CyclicBarrier allows a fixed number of parties to rendezvous repeatedly at a barrier point and is useful in parallel iterative algorithms that break down a problem into a fixed number of independent subproblems.

If a barrier is considered broken (a call to await times out or a thread blocked in await is interrupted) all outstanding calls to await terminate with BrokenBarrierException. If a barrier is successfully passed, await returns a unique arrival index for each thread, which can be used to “elect” a leader that takes some special action in the next iteration.

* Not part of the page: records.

// Why a line of a circuit text is refused.
ghost use Rattle.std.specs.Prelude.{◌≡◌, ◌<◌, ◌≤◌, length};
ghost use Rattle.lines.specs.Numbers.{worth};
ghost use Rattle.text_faults.specs.Definers.{Inside};
ghost use Rattle.text_faults.specs.Causes.{numbered, header_cause, Row, out, unknown_at, later_cause, uses_cause};
ghost use Rattle.text_faults.specs.Causes.{twice_cause, after_ranges, range_cause, defined_cause, literals_cause};
ghost use Rattle.text_faults.specs.Causes.{form_cause, count_cause};

use crate::definers::{Places, earlier, known_here};
use circuit_text::header::{starts, width_of};
use lines::line::line_past;
use lines::literal::{is_even, used_right};
use lines::number::Number;
use sections::nth::nth;
use symbols::line::line_end;

// What is wrong. Numbers of a line are counted from 1.
#[derive(Clone, Copy)]
pub enum Cause {
    Missing, // the text ends before it
    Open, // no newline ends it
    NoAag, // the header does not start with 'aag' and a space
    HeaderNumbers, // not five to nine numbers follow
    HeaderSum, // I + L + A is over M
    Numbers(usize), // it is not of so many numbers
    LatchNumbers, // a latch of edition 1.9 with neither two numbers nor three
    Reset, // a latch with three numbers under a header of five
    Start, // the third number of a latch is not 0, 1 or its own literal
    Odd, // the literal that it defines is odd
    Small, // the literal that it defines is under 2
    Range(usize), // a number over 2M+1
    Twice(usize), // the line at this place defines its variable
    Undefined(usize), // no line defines the variable of this number
    Stuck, // none of these: its gate cannot be worked out
    SymbolForm, // no symbol line
    SymbolRange, // no such position
    SymbolTwice, // none of these: its position was named before
}

// Whether a line is of so many numbers, and ended.
#[tactic(auto, using(crate::specs::CauseLaws::numbered_is))]
pub fn numbered(text: &[u8], at: usize, width: usize) -> bool
    requires at_in_bounds { at ≤ length text.now }
    requires le_width { 1 ≤ width }
    ensures { result ≡ numbered width text.now at }
{
    line_past(text, at, width).is_some()
}

// A header that is not right: another text altogether, not ended, or not as it should be.
#[tactic(auto, using(symbols::specs::Walk::is_closed, symbols::specs::Walk::is_open, circuit_text::specs::Header::four_in, crate::specs::CauseLaws::some_numbers, crate::specs::CauseLaws::no_numbers), unfolding(crate::specs::Causes::header_cause))]
pub fn header_cause(text: &[u8]) -> Cause
    ensures { result ≡ header_cause text.now }
{
    if !starts(text) {
        return Cause::NoAag;
    }
    if text.len() <= line_end(text, 0) {
        return Cause::Open;
    }
    if width_of(text).is_none() {
        return Cause::HeaderNumbers;
    }
    Cause::HeaderSum
}

// A line of so many numbers at least, whether its first defines a variable, and what it is judged by: the header's M, and where the lines that
// define variables are.
#[derive(Clone, Copy)]
struct Line<'a> {
    text: &'a [u8],
    at: usize,
    width: usize,
    defines: bool,
    m: &'a Number<'a>,
    p: Places,
    ghost row: { Row text.now at width },
    ghost inside: { Inside text.now p },
    ghost width_nonzero: { 0 < width },
}

impl Line<'_> {
    // Whether number j, counted from 0, is over 2M+1.
    #[tactic(auto, unfolding(crate::specs::Causes::out))]
    fn out(&self, j: usize) -> bool
        ensures { result ≡ out self.now.text.now self.now.at self.now.width j (worth self.now.m.now) }
    {
        j < self.width && !used_right(self.m, &nth(self.text, self.at, j))
    }

    // Whether no line defines the variable of number j.
    // One with `out` is no plainer: the question would be a closure, which needs a contract of its own, longer than this line of code.
    #[tactic(auto, unfolding(crate::specs::Causes::unknown_at))]
    fn unknown_at(&self, j: usize) -> bool
        ensures { result ≡ unknown_at self.now.text.now self.now.at self.now.width j self.now.p }
    {
        j < self.width && !known_here(self.text, self.p, &nth(self.text, self.at, j))
    }

    // The numbers after the first.
    #[tactic(auto, unfolding(crate::specs::Causes::later_cause))]
    fn later_cause(&self) -> Cause
        ensures { result ≡ later_cause self.now.text.now self.now.at self.now.width self.now.p }
    {
        if self.unknown_at(1) {
            return Cause::Undefined(2);
        }
        if self.unknown_at(2) {
            return Cause::Undefined(3);
        }
        Cause::Stuck
    }

    // What a line uses: the first number too, where it defines nothing.
    #[tactic(auto, unfolding(crate::specs::Causes::uses_cause))]
    fn uses_cause(&self) -> Cause
        ensures { result ≡ uses_cause self.now.text.now self.now.at self.now.width self.now.defines self.now.p }
    {
        if !self.defines && self.unknown_at(0) {
            return Cause::Undefined(1);
        }
        self.later_cause()
    }

    // A variable that an earlier line defines.
    #[tactic(auto, unfolding(crate::specs::Causes::twice_cause))]
    fn twice_cause(&self) -> Cause
        ensures { result ≡ twice_cause self.now.text.now self.now.at self.now.width self.now.defines self.now.p }
    {
        let found = earlier(self.text, self.p, &nth(self.text, self.at, 0), self.at);
        if found < self.at {
            return Cause::Twice(found);
        }
        self.uses_cause()
    }

    // A line whose numbers are in range.
    #[tactic(auto, unfolding(crate::specs::Causes::after_ranges))]
    fn after_ranges(&self) -> Cause
        ensures { result ≡ after_ranges self.now.text.now self.now.at self.now.width self.now.defines self.now.p }
    {
        if self.defines {
            return self.twice_cause();
        }
        self.uses_cause()
    }

    // Its ranges.
    #[tactic(auto, unfolding(crate::specs::Causes::range_cause))]
    fn range_cause(&self) -> Cause
        ensures { result ≡ range_cause self.now.text.now self.now.at self.now.width self.now.defines (worth self.now.m.now) self.now.p }
    {
        if self.out(0) {
            return Cause::Range(1);
        }
        if self.out(1) {
            return Cause::Range(2);
        }
        if self.out(2) {
            return Cause::Range(3);
        }
        self.after_ranges()
    }

    // A line that defines a variable.
    #[tactic(auto, using(sections::specs::Rows::value_small, sections::specs::Rows::value_least), unfolding(crate::specs::Causes::defined_cause))]
    fn defined_cause(&self) -> Cause
        ensures { result ≡ defined_cause self.now.text.now self.now.at self.now.width self.now.defines (worth self.now.m.now) self.now.p }
    {
        let l = nth(self.text, self.at, 0);
        if !is_even(&l) {
            return Cause::Odd;
        }
        if l.value < 2 {
            return Cause::Small;
        }
        self.range_cause()
    }
}

// A line of so many numbers.
// It is public and takes no `Line`: no type may stand in place of what it asks. The same holds of `form_cause`.
#[tactic(auto, unfolding(crate::specs::Causes::literals_cause))]
pub fn literals_cause(
    text: &[u8],
    at: usize,
    width: usize,
    defines: bool,
    m: &Number,
    p: Places,
) -> Cause
    requires row { Row text.now at width }
    requires inside { Inside text.now p }
    requires width_nonzero { 0 < width }
    ensures { result ≡ literals_cause text.now at width defines (worth m.now) p }
{
    let line = Line {
        text,
        at,
        width,
        defines,
        m,
        p,
    };
    if defines {
        return line.defined_cause();
    }
    line.range_cause()
}

// A line of so many numbers, and no others.
#[tactic(auto, using(crate::specs::CauseLaws::row_of), unfolding(crate::specs::Causes::form_cause))]
pub fn form_cause(
    text: &[u8],
    at: usize,
    width: usize,
    defines: bool,
    m: &Number,
    p: Places,
) -> Cause
    requires at_in_bounds { at < length text.now }
    requires inside { Inside text.now p }
    requires le_width { 1 ≤ width }
    ensures { result ≡ form_cause text.now at width defines (worth m.now) p }
{
    if !numbered(text, at, width) {
        return Cause::Numbers(width);
    }
    literals_cause(text, at, width, defines, m, p)
}

// A line with a count, which may be any number.
#[tactic(auto, unfolding(crate::specs::Causes::count_cause))]
pub fn count_cause(text: &[u8], at: usize) -> Cause
    requires { at ≤ length text.now }
    ensures { result ≡ count_cause text.now at }
{
    if numbered(text, at, 1) {
        return Cause::Stuck;
    }
    Cause::Numbers(1)
}
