// What is wrong with the line of a circuit text at a place.
ghost use Rattle.std.specs.Prelude.{◌≡◌, true, ◌<◌, length};
ghost use Rattle.meaning.specs.Lines.{ended};
ghost use Rattle.circuit_text.specs.Header.{Parts, header_at};
ghost use Rattle.symbols.specs.Symbols.{Small};
ghost use Rattle.text_faults.specs.Circuits.{below_huge, counts_of, symbol_cause, closed_cause, line_cause, header_fault, circuit_fault, latches_of};

use crate::cause::{Cause, count_cause, form_cause, header_cause};
use crate::definers::places_of;
use crate::kind::{Kind, kind_of};
use crate::latch::latch_cause;
use crate::places::line_number;
use crate::sizes::{Sizes, sizes_of};
use circuit_text::header::{Header, read_header};
use symbols::Counts;
use symbols::line::{Line, line_end};

// The kind of a line, and why it is refused.
#[derive(Clone, Copy)]
pub struct Fault {
    pub kind: Kind,
    pub cause: Cause,
}

// A count that is below every value that is not told apart.
#[tactic(auto, unfolding(crate::specs::Circuits::below_huge))]
fn below_huge(n: usize) -> usize
    ensures { (result ≡ below_huge n) × (result < 18446744073709551610) }
{
    n.min(18446744073709551609)
}

// How many positions each letter has.
#[tactic(auto, unfolding(crate::specs::Circuits::counts_of))]
fn counts_of(s: Sizes) -> Counts
    ensures { (result ≡ counts_of s) × Small result }
{
    Counts {
        i: below_huge(s.inputs),
        l: below_huge(s.latches),
        o: below_huge(s.outputs),
        b: below_huge(s.bads),
        c: below_huge(s.constraints),
        j: below_huge(s.counts),
        f: below_huge(s.fairness),
    }
}

// A symbol line: its form, its position; else the position was named before.
#[tactic(auto, using(crate::specs::CauseLaws::closed_end), unfolding(crate::specs::Circuits::symbol_cause))]
fn symbol_cause(text: &[u8], at: usize, s: Sizes) -> Cause
    requires at_in_bounds { at < length text.now }
    requires at_value { ended text.now at ≡ true }
    ensures { result ≡ symbol_cause text.now at s }
{
    let end = line_end(text, at);
    let line = Line { text, at, end };
    let most = 18446744073709551609;
    let any = Counts {
        i: most,
        l: most,
        o: most,
        b: most,
        c: most,
        j: most,
        f: most,
    };
    if !line.named_right(any) {
        return Cause::SymbolForm;
    }
    let counts = counts_of(s);
    if !line.named_right(counts) {
        return Cause::SymbolRange;
    }
    Cause::SymbolTwice
}

// A line that is ended.
#[tactic(auto, unfolding(circuit_text::specs::Header::header_at))]
fn closed_cause(text: &[u8], at: usize, kind: Kind, h: &Header, s: Sizes) -> Cause
    requires parts { Parts text.now h.now }
    requires at_in_bounds { at < length text.now }
    requires at_value { ended text.now at ≡ true }
    ensures { result ≡ closed_cause text.now at kind (header_at h.now) s h.now.next }
{
    let p = places_of(text, s, h.next);
    match kind {
        Kind::Header => Cause::Stuck,
        Kind::Input => form_cause(text, at, 1, true, &h.m, p),
        Kind::Latch => latch_cause(text, at, h.newer, &h.m, p),
        Kind::Output | Kind::Bad | Kind::Constraint | Kind::Justice | Kind::Fairness => {
            form_cause(text, at, 1, false, &h.m, p)
        }
        Kind::Count => count_cause(text, at),
        Kind::Gate => form_cause(text, at, 3, true, &h.m, p),
        Kind::Symbol => symbol_cause(text, at, s),
    }
}

// A line under a header that is right.
#[tactic(auto, using(symbols::specs::Walk::is_closed, symbols::specs::Walk::is_open), unfolding(crate::specs::Circuits::line_cause))]
fn line_cause(text: &[u8], at: usize, kind: Kind, h: &Header, s: Sizes) -> Cause
    requires { Parts text.now h.now }
    ensures { result ≡ line_cause text.now at kind (header_at h.now) s h.now.next }
{
    if text.len() <= at {
        return Cause::Missing;
    }
    if text.len() <= line_end(text, at) {
        return Cause::Open;
    }
    closed_cause(text, at, kind, h, s)
}

// A header that is not right, or missing.
#[tactic(auto, unfolding(crate::specs::Circuits::header_fault))]
fn header_fault(text: &[u8]) -> Fault
    ensures { result ≡ header_fault text.now }
{
    let cause = if text.is_empty() {
        Cause::Missing
    } else {
        header_cause(text)
    };
    Fault {
        kind: Kind::Header,
        cause,
    }
}

// The line at a place.
#[tactic(auto, unfolding(crate::specs::Circuits::circuit_fault))]
pub fn circuit_fault(text: &[u8], at: usize) -> Fault
    ensures { result ≡ circuit_fault text.now at }
{
    let Some(h) = read_header(text) else {
        return header_fault(text);
    };
    let s = sizes_of(text, &h);
    let kind = kind_of(s, line_number(text, at));
    Fault {
        kind,
        cause: line_cause(text, at, kind, &h, s),
    }
}

// How many latches a header has, as far as they are told apart; none, where it is not right.
// That is 0 and no Option, as `latches_of` in specs/Circuits.antt says.
#[tactic(auto, using(lines::specs::Numbers::value_is), unfolding(crate::specs::Circuits::latches_of, circuit_text::specs::Header::header_at))]
pub fn latches_of(text: &[u8]) -> usize
    ensures { (result ≡ latches_of text.now) × (result < 18446744073709551610) }
{
    let Some(h) = read_header(text) else {
        return 0;
    };
    below_huge(h.l.value)
}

5.6 Building an efficient, scalable result cache

public interface Computable<A, V> {
    V compute(A arg) throws InterruptedException;
}

public class ExpensiveFunction implements Computable<String, BigInteger> {
    public BigInteger compute(String arg) {
        // after deep thought...
        return new BigInteger(arg);
    }
}

public class Memoizer<A, V> implements Computable<A, V> {
    private final ConcurrentMap<A, Future<V>> cache = new ConcurrentHashMap<A, Future<V>>();
    private final Computable<A, V> c;

    public Memoizer(Computable<A, V> c) {
        this.c = c;
    }

    public V compute(final A arg) throws InterruptedException {
        while (true) {
            Future<V> f = cache.get(arg);
            if (f == null) {
                Callable<V> eval = new Callable<V>() {
                    public V call() throws InterruptedException {
                        return c.compute(arg);
                    }
                };
                FutureTask<V> ft = new FutureTask<V>(eval);
                f = cache.putIfAbsent(arg, ft);
                if (f == null) {
                    f = ft;
                    ft.run();
                }
            }
            try {
                return f.get();
            } catch (CancellationException e) {
                cache.remove(arg, f);
            } catch (ExecutionException e) {
                throw launderThrowable(e.getCause());
            }
        }
    }
}

@ThreadSafe
public class Factorizer implements Servlet {
    private final Computable<BigInteger, BigInteger[]> c = new Computable<BigInteger, BigInteger[]>() {
        public BigInteger[] compute(BigInteger arg) {
            return factor(arg);
        }
    };
    private final Computable<BigInteger, BigInteger[]> cache = new Memoizer<BigInteger, BigInteger[]>(c);

    public void service(ServletRequest req, ServletResponse resp) {
        try {
            BigInteger i = extractFromRequest(req);
            encodeIntoResponse(resp, cache.compute(i));
        } catch (InterruptedException e) {
            encodeError(resp, "factorization interrupted");
        }
    }
}

1. Serializing access to an object has nothing to do with object serialization (turning an object into a byte stream); serializing access means that threads take turns accessing the object exclusively, rather than doing so concurrently.